There is a plethora of paths to become a medical anthropologist and most of these end with people completing doctoral or master’s studies at colleges offering degrees in medical anthropology. Significantly more diverse are studies preceding graduate school entrance, which vary. Most come to this field with medical knowledge, which they’ve acquired from a variety of sources, and all people completing grad school have, at minimum, an undergraduate degree.
One requirement to enter any form of graduate studies in medical anthropology is ability to understand and interpret medical literature. When looking at problems in human health from a cultural perspective, understanding may be limited if health conditions and their ramifications are not fully comprehended. For this reason, most people who apply to programs to become a medical anthropologist have significant medical training. At minimum, unless having studied public health or medical anthropology in undergraduate programs, people wishing to apply to masters’ of doctoral programs in medical anthropology have practical training, such as a bachelor’s degree in registered nursing.
Another way for people to become a medical anthropologist is to first study medicine more extensively by getting an advanced degree, like a nurse practitioner master’s or doctorate degree. Other people major in pre-med in undergraduate studies and then complete medical school. Some medical schools may offer joint majors that lead to an M.D. and a PhD in medical anthropology. It’s easy to see that people join this field from very different backgrounds, but all come to it with ability to understand the medical literature they may study as students and as anthropologists.
One thing people will need to decide when they choose to become a medical anthropologist and have met minimum requirements for entry to graduate school is whether to purse a master’s or doctoral degree. A master’s degree can lead to job opportunities, but doctorates offer a higher level of training and an opportunity to claim expertise in the field. If a person wants to do more than practice medical anthropology in the field, and especially if he or she would like to teach, a doctorate is highly recommended.

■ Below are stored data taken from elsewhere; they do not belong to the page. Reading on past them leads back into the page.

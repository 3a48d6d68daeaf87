//! A world: the running state, its one saved copy, and what befalls them.

ghost use Rattle.std.specs.Prelude.{◌≡◌, ℕ, ◌+◌, ◌<◌, ◌==◌, ◌||◌, IfOk, OnOk, OnErr, length, option_map, slice_get};
ghost use Rattle.std.specs.List.{list_any};
ghost use Rattle.sls_base.specs.declared.limits.TheConstants.{LAST_VERSION};
ghost use Rattle.sls_base.specs.declared.fixed.TheConstants.{SCHEDULER};
ghost use Rattle.plain_state.specs.Worlds as worlds;
ghost use Rattle.plain_state.specs.Worlds.{accepted_count};
ghost use Rattle.plain_state.specs.States.{view_of};
ghost use Rattle.plain_model.specs.Play as play;
ghost use Rattle.plain_model.specs.Play.{after};
ghost use Rattle.plain_state.specs.Ticks.{tick, tick_reply, world_of_effect, stores_to, puts_to_page, puts_to_ring, writes};
ghost use Rattle.plain_state.specs.Memory.{page_at};
ghost use Rattle.plain_model.specs.MayStep.{MayStep};
ghost use Rattle.plain_state.specs.Slow.{entries_of, state_of, effect_of, StoresInPages};
ghost use Rattle.plain_state.specs.SlowChosen.{chosen_of};
ghost use Rattle.plain_model.specs.SlowWorld.{world_of, is_in};

use arrayvec::ArrayVec;
use plain_state::{
    ANSWER, ByteStore, Change, Chosen, Effect, Label, OBJECT_END, Object, Output, PAGE_END, Reply,
    State, Waiting, choose, copy_of_bytes,
};
use sls_base::{
    CoreNo, Entry, FIRST_OUTPUT_RING, ObjId, PageNo, RING_ENTRIES, SCHEDULER, ThreadView, Version,
    WAITING_INPUTS,
};
use std::alloc::{AllocError, Global};

/// A world: the running state, the saved copy, what the device accepted, the version, and the pages stored to and the objects
/// changed since the last commit or cut.
#[derive(Drop)]
pub struct World {
    pub(crate) running: State,
    pub(crate) saved: State,
    pub(crate) released: Vec<Output>,
    pub(crate) version: Version,
    pub(crate) stored: Vec<PageNo>,
    pub(crate) changed: Vec<u16>,
}

/// Whether a list has a number.
pub(crate) fn has_number(numbers: &[u16], number: u16) -> bool
    ensures { result ≡ is_in numbers.now number }
{
    numbers.iter().any(|other| *other == number)
}

/// The list with a number, once.
fn with_number(numbers: &mut Vec<u16>, number: u16) -> Result<(), AllocError>
    ensures { OnOk result ((n : ℕ) → is_in numbers.new.items n ≡ (is_in numbers.old.items n || (number == n))) }
{
    if !has_number(numbers.as_slice(), number) {
        numbers.push(number)?;
    }
    Ok(())
}

/// The list with the numbers of the objects that are changed.
fn with_changed(numbers: &mut Vec<u16>, changes: &[Change]) -> Result<(), AllocError>
    ensures { OnOk result ((n : ℕ) → is_in numbers.new.items n
        ≡ (is_in numbers.old.items n || list_any (λ change. change.id == n) changes.now)) }
{
    for change in changes {
        with_number(numbers, u16::from(change.id))?;
    }
    Ok(())
}

/// The list with the numbers of the objects that have a page that is stored to.
fn with_written(numbers: &mut Vec<u16>, stores: &[ByteStore]) -> Result<(), AllocError>
    ensures { OnOk result ((n : ℕ) → is_in numbers.new.items n
        ≡ (is_in numbers.old.items n || list_any (λ store. store.place.memory == n) stores.now)) }
{
    for store in stores {
        with_number(numbers, u16::from(store.place.memory))?;
    }
    Ok(())
}

/// The list with the page of an entry's channel, if there is an entry.
fn with_page_put(numbers: &mut Vec<u16>, output: &Option<Output>) -> Result<(), AllocError>
    ensures { OnOk result ((n : ℕ) → is_in numbers.new.items n
        ≡ (is_in numbers.old.items n || puts_to_page output.now n)) }
{
    if let Some(output) = output {
        with_number(numbers, PageNo::from(output.channel))?;
    }
    Ok(())
}

/// The list with the ring of an entry's channel, if there is an entry.
fn with_ring_put(numbers: &mut Vec<u16>, output: &Option<Output>) -> Result<(), AllocError>
    ensures { OnOk result ((n : ℕ) → is_in numbers.new.items n
        ≡ (is_in numbers.old.items n || puts_to_ring output.now n)) }
{
    if let Some(output) = output {
        with_number(
            numbers,
            u16::from(FIRST_OUTPUT_RING) + u16::from(output.channel),
        )?;
    }
    Ok(())
}

/// The list with the numbers of the pages that stores are to.
#[tactic(auto, unfolding(plain_state::specs::Slow::state_of))]
fn with_stored(
    numbers: &mut Vec<u16>,
    state: &State,
    stores: &[ByteStore],
) -> Result<(), AllocError>
    ensures { OnOk result ((n : ℕ) → is_in numbers.new.items n
        ≡ (is_in numbers.old.items n
        || list_any (λ store. (page_at (state_of state.now).objects store.place).number == n) stores.now)) }
{
    for store in stores {
        with_number(numbers, state.page_number_at(store.place))?;
    }
    Ok(())
}

/// A copy of the bytes of an entry of a channel, by its number among that channel's.
fn entry_at(outputs: &[Output], channel: u8, number: u64) -> Option<ArrayVec<u8, 56>>
    ensures { option_map (λ bytes. bytes.items) result ≡ slice_get (entries_of outputs.now channel) number }
{
    let output = outputs
        .iter()
        .filter(|output| output.channel == channel)
        .nth(number as usize)?;
    Some(copy_of_bytes(&output.bytes))
}

#[tactic(auto, unfolding(crate::specs::SlowWorld::world_of, plain_state::specs::Slow::state_of, plain_state::specs::Slow::effect_of))]
impl World {
    /// The running state.
    pub fn running(&self) -> &State
        ensures { state_of result.now ≡ (world_of self.now).now }
    {
        &self.running
    }

    /// The saved copy.
    pub fn saved(&self) -> &State
        ensures { state_of result.now ≡ (world_of self.now).saved }
    {
        &self.saved
    }

    /// How many entries of a channel the device has accepted.
    pub fn accepted(&self, channel: u8) -> u64
        ensures { result ≡ accepted_count (world_of self.now) channel }
    {
        self.released
            .iter()
            .filter(|output| output.channel == channel)
            .count() as u64
    }

    /// How many entries the running state has put on a channel.
    pub fn put_count(&self, channel: u8) -> u64
        ensures { result ≡ worlds.put_count (world_of self.now) channel }
    {
        self.running.put_count(channel) as u64
    }

    /// The number of commits.
    pub fn version(&self) -> Version
        ensures { result ≡ (world_of self.now).version }
    {
        self.version
    }

    /// What is told of a thread of the running state, if there is one of that number.
    pub fn thread(&self, id: ObjId) -> Option<ThreadView>
        ensures { result ≡ view_of ((world_of self.now).now.objects id) }
    {
        match self.running.object(id) {
            Some(Object::Thread(thread)) => Some(ThreadView {
                state: thread.state,
                pc: thread.pc,
                x10: thread.x[ANSWER],
            }),
            _ => None,
        }
    }

    /// Whether an object of the running state has a page.
    pub fn has_page(&self, page: PageNo) -> bool
        ensures { result ≡ worlds.has_page (world_of self.now).now page }
    {
        self.running.has_page(page)
    }

    /// Whether the ring of a channel has no room for an entry.
    pub(crate) fn is_ring_full(&self, channel: u8) -> bool
        ensures { result ≡ worlds.is_ring_full (world_of self.now) channel }
    {
        let put = self.put_count(channel);
        let accepted = self.accepted(channel);
        put.checked_sub(accepted) == Some(RING_ENTRIES) || put == u64::MAX
    }

    /// Whether an object has a number, in the running state or the saved one.
    fn is_used_object(&self, id: ObjId) -> bool
        ensures { result ≡ worlds.is_used_object (world_of self.now) id }
    {
        self.running.object(id).is_some() || self.saved.object(id).is_some()
    }

    /// Whether an object has a page, in the running state or the saved one.
    fn is_used_page(&self, page: PageNo) -> bool
        ensures { result ≡ worlds.is_used_page (world_of self.now) page }
    {
        self.running.has_page(page) || self.saved.has_page(page)
    }

    /// The least object number that is free.
    pub(crate) fn free_object(&self) -> Option<ObjId>
        ensures { result ≡ slice_get (worlds.free_objects (world_of self.now)) 0 }
    {
        (0..OBJECT_END).find(|id| !self.is_used_object(*id))
    }

    /// The page numbers that are free, rising.
    pub(crate) fn free_pages(&self, alloc: Global) -> Result<Vec<PageNo>, AllocError>
        ensures { IfOk result (λ pages. pages.items ≡ worlds.free_pages (world_of self.now)) }
    {
        let mut pages = Vec::new(alloc);
        for page in 0..PAGE_END {
            if !self.is_used_page(page) {
                pages.push(page)?;
            }
        }
        Ok(pages)
    }

    /// What befalls a world, and what it answers. The only error is want of memory, and then nothing has changed.
    pub fn step(&mut self, alloc: Global, label: Label) -> Result<Reply, AllocError>
        requires { MayStep (world_of self.old) label }
        ensures reply { IfOk result (λ reply. reply ≡ play.reply (world_of self.old) label) }
        ensures world { OnOk result (world_of self.new ≡ after (world_of self.old) label) }
        ensures refused { OnErr result (world_of self.new ≡ world_of self.old) }
    {
        match label {
            Label::Tick(core) => self.tick(alloc, core),
            Label::Commit => self.commit(alloc),
            Label::Cut => self.cut(alloc),
            Label::Accept(channel) => self.accept(channel),
            Label::Input(bytes) => self.input(Waiting { bytes }),
        }
    }

    fn tick(&mut self, alloc: Global, core: CoreNo) -> Result<Reply, AllocError>
        requires { core < length (world_of self.old).now.cores }
        ensures reply { IfOk result (λ reply. reply ≡ tick_reply (world_of self.old) core) }
        ensures world { OnOk result (world_of self.new ≡ tick (world_of self.old) core) }
        ensures refused { OnErr result (self.new ≡ self.old) }
    {
        let Some(chosen) = choose(alloc, &self.running, core)? else {
            return Ok(Reply::Idle);
        };
        let thread = self.running.thread_at(chosen.occupant.thread);
        let effect = self.instruction(alloc, chosen.occupant.thread, &thread)?;
        let reply = if effect.wishes {
            Reply::Wished
        } else {
            Reply::Retired
        };
        self.apply(alloc, core, chosen, effect)?;
        Ok(reply)
    }

    fn apply(
        &mut self,
        alloc: Global,
        core: CoreNo,
        chosen: Chosen,
        effect: Effect,
    ) -> Result<(), AllocError>
        requires core { core < length (world_of self.old).now.cores }
        requires in_pages { StoresInPages effect }
        ensures world { OnOk result
            (world_of self.new ≡ world_of_effect (world_of self.old) core (chosen_of chosen) (effect_of effect)) }
        ensures refused { OnErr result (self.new ≡ self.old) }
    {
        let stored = self.stored_after(alloc, &effect)?;
        let changed = self.changed_after(alloc, chosen.occupant.thread, &effect)?;
        self.running = self.running.after(alloc, core, chosen, effect)?;
        self.stored = stored;
        self.changed = changed;
        Ok(())
    }

    fn stored_after(&self, alloc: Global, effect: &Effect) -> Result<Vec<PageNo>, AllocError>
        ensures { IfOk result (λ pages. (page : ℕ) → is_in pages.items page
            ≡ ((world_of self.now).stored page || stores_to (state_of self.now.running) (effect_of effect.now) page)) }
    {
        let mut stored = Vec::from_slice(alloc, self.stored.as_slice())?;
        with_stored(&mut stored, &self.running, effect.stores.as_slice())?;
        with_page_put(&mut stored, &effect.output)?;
        Ok(stored)
    }

    fn changed_after(
        &self,
        alloc: Global,
        thread: ObjId,
        effect: &Effect,
    ) -> Result<Vec<u16>, AllocError>
        ensures { IfOk result (λ ids. (i : ℕ) → is_in ids.items i
            ≡ ((world_of self.now).changed i
            || ((i == SCHEDULER) || ((i == thread) || writes (effect_of effect.now) i)))) }
    {
        let mut changed = Vec::from_slice(alloc, self.changed.as_slice())?;
        with_number(&mut changed, u16::from(SCHEDULER))?;
        with_number(&mut changed, u16::from(thread))?;
        with_changed(&mut changed, effect.changes.as_slice())?;
        with_written(&mut changed, effect.stores.as_slice())?;
        with_ring_put(&mut changed, &effect.output)?;
        Ok(changed)
    }

    fn commit(&mut self, alloc: Global) -> Result<Reply, AllocError>
        requires { (world_of self.old).version < LAST_VERSION }
        ensures reply { IfOk result (λ reply. reply ≡ Reply.Committed ((world_of self.old).version + 1)) }
        ensures world { OnOk result (world_of self.new ≡ play.commit (world_of self.old)) }
        ensures refused { OnErr result (self.new ≡ self.old) }
    {
        let now = self.running.swept(alloc)?;
        let saved = now.copy(alloc, 0)?;
        self.saved = saved;
        self.running = now;
        self.version += 1;
        self.stored = Vec::new(alloc);
        self.changed = Vec::new(alloc);
        Ok(Reply::Committed(self.version))
    }

    fn cut(&mut self, alloc: Global) -> Result<Reply, AllocError>
        ensures reply { IfOk result (λ reply. reply ≡ Reply.Went) }
        ensures world { OnOk result (world_of self.new ≡ play.cut (world_of self.old)) }
        ensures refused { OnErr result (self.new ≡ self.old) }
    {
        let mut now = self.saved.copy(alloc, 0)?;
        now.inputs = Vec::new(alloc);
        self.running = now;
        self.stored = Vec::new(alloc);
        self.changed = Vec::new(alloc);
        Ok(Reply::Went)
    }

    fn accept(&mut self, channel: u8) -> Result<Reply, AllocError>
        ensures reply { IfOk result (λ reply. reply ≡ play.reply (world_of self.old) (Label.Accept channel)) }
        ensures world { OnOk result (world_of self.new ≡ play.accept (world_of self.old) channel) }
        ensures refused { OnErr result (world_of self.new ≡ world_of self.old) }
    {
        let number = self.accepted(channel);
        let Some(bytes) = entry_at(self.saved.out.as_slice(), channel, number) else {
            return Ok(Reply::NoEntry);
        };
        self.released.push(Output {
            channel,
            bytes: copy_of_bytes(&bytes),
        })?;
        Ok(Reply::Took(Entry { number, bytes }))
    }

    /// Whether one more input can wait.
    fn has_input_room(&self) -> bool
        ensures { result ≡ play.has_input_room (world_of self.now) }
    {
        self.running.inputs.len() < WAITING_INPUTS
    }

    fn input(&mut self, input: Waiting) -> Result<Reply, AllocError>
        ensures reply { IfOk result (λ reply. reply ≡ play.reply (world_of self.old) (Label.Input input.bytes)) }
        ensures world { OnOk result (world_of self.new ≡ play.input (world_of self.old) input.bytes.items) }
        ensures refused { OnErr result (world_of self.new ≡ world_of self.old) }
    {
        if !self.has_input_room() {
            return Ok(Reply::Full);
        }
        self.running.inputs.push(input)?;
        Ok(Reply::Put)
    }
}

It should be noted that some people who would like to become a medical anthropologist will apply to schools offering more than one degree. For instance some programs jointly offer a PhD in medical anthropology and a master’s degree in public health (MPH); these two areas of study are closely joined. Yet, MPH students don’t always refer to themselves as medical anthropologists, and a degree more specific to anthropology might be necessary.
Given different degrees and increasing number of graduate programs in this area, people should take time to research options and determine best programs. Getting advice from working medical anthropologist is advised. The way various degrees are perceived may differ by region, but it’s a general rule that earning doctorates results in greater career flexibility. On the other hand, training possessed prior to graduate studies, like holding an M.D., may render earning a PhD unnecessary.